-- Opening Marker --
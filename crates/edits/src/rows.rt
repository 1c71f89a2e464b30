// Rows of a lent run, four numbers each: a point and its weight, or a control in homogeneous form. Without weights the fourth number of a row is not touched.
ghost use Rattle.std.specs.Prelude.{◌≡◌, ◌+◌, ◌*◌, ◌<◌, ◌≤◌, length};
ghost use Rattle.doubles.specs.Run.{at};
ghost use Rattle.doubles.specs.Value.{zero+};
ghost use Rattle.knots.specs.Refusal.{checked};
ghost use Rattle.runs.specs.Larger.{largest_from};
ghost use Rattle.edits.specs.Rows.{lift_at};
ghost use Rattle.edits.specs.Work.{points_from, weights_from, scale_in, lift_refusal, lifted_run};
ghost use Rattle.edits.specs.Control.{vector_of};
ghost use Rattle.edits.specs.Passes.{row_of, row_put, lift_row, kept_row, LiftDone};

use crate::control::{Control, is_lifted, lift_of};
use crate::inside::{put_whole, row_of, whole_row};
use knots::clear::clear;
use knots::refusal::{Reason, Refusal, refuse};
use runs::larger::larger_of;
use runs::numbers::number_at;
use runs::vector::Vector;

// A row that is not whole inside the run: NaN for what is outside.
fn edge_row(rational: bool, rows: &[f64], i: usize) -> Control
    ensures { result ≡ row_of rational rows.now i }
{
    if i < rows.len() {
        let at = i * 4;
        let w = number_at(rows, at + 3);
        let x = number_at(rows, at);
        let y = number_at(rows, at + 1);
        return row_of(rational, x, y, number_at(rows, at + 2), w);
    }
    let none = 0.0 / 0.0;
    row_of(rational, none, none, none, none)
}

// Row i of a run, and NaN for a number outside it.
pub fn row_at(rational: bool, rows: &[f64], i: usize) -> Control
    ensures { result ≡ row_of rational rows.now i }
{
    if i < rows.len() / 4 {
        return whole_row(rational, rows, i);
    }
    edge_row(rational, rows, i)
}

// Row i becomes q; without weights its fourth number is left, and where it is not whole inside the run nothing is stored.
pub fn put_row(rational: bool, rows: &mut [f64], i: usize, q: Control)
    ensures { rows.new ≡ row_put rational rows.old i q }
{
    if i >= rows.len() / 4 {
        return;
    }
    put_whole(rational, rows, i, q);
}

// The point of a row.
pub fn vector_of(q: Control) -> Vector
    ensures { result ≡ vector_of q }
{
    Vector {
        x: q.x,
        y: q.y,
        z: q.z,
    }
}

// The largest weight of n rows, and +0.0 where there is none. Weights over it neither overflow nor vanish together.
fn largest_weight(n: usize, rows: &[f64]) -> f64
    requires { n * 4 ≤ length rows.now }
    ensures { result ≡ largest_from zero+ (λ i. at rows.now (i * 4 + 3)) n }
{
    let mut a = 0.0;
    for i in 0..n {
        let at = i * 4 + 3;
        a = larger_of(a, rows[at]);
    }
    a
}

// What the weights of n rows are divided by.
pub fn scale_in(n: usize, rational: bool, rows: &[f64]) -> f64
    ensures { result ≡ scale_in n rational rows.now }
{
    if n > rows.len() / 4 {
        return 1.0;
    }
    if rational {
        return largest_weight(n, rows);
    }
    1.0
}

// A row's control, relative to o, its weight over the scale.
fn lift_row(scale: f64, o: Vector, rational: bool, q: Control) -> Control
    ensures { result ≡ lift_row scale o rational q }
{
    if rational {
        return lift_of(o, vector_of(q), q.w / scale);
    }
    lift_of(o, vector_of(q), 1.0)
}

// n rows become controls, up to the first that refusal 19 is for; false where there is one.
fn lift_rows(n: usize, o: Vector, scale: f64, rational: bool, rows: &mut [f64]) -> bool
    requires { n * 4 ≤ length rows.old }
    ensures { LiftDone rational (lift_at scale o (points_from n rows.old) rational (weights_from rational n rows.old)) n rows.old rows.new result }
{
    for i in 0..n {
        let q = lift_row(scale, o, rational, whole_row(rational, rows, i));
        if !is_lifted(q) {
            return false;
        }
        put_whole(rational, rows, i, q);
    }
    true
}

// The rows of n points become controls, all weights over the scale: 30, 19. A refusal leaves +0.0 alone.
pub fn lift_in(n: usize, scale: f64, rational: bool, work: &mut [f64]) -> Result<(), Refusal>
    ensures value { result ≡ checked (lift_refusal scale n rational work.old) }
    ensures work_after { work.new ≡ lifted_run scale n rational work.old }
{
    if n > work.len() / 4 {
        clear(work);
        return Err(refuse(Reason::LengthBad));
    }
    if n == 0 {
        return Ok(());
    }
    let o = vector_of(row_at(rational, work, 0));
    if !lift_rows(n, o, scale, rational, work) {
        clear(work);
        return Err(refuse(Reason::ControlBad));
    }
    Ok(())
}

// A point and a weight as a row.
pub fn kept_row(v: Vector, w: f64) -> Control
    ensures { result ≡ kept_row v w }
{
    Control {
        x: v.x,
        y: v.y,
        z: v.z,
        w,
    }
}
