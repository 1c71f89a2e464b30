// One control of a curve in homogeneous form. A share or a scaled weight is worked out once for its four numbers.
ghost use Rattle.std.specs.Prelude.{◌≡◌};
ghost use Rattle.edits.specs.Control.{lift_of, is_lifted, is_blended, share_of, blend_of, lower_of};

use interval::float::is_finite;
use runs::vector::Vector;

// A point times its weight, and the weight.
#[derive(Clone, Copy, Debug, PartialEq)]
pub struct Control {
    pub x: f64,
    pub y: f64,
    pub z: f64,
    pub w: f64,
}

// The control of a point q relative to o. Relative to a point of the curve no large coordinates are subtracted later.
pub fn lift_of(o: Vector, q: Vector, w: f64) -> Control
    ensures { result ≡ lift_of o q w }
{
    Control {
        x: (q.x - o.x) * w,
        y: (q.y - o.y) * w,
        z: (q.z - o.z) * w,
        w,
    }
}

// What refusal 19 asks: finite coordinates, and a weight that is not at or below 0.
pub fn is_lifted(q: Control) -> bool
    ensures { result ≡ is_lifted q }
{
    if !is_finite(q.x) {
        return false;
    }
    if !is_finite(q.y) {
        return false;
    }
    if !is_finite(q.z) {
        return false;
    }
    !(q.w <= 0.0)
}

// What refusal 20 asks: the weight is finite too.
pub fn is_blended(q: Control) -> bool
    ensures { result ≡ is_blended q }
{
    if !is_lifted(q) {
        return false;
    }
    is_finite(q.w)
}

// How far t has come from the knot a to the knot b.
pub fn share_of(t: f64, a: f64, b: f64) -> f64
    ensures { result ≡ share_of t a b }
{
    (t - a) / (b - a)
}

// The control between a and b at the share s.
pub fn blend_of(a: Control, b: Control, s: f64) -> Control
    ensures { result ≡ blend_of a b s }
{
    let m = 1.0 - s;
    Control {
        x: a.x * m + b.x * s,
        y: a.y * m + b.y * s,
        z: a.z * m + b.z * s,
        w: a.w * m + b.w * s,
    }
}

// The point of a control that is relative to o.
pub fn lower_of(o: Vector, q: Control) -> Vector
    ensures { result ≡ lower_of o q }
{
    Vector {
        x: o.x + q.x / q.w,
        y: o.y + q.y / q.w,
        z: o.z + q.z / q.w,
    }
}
-- Closing Marker --
### Your objective
All lines of the records above with the word "there" in them are to be copied.

### Your solution
// The largest weight of n rows, and +0.0 where there is none. Weights over it neither overflow nor vanish together.
// n rows become controls, up to the first that refusal 19 is for; false where there is one.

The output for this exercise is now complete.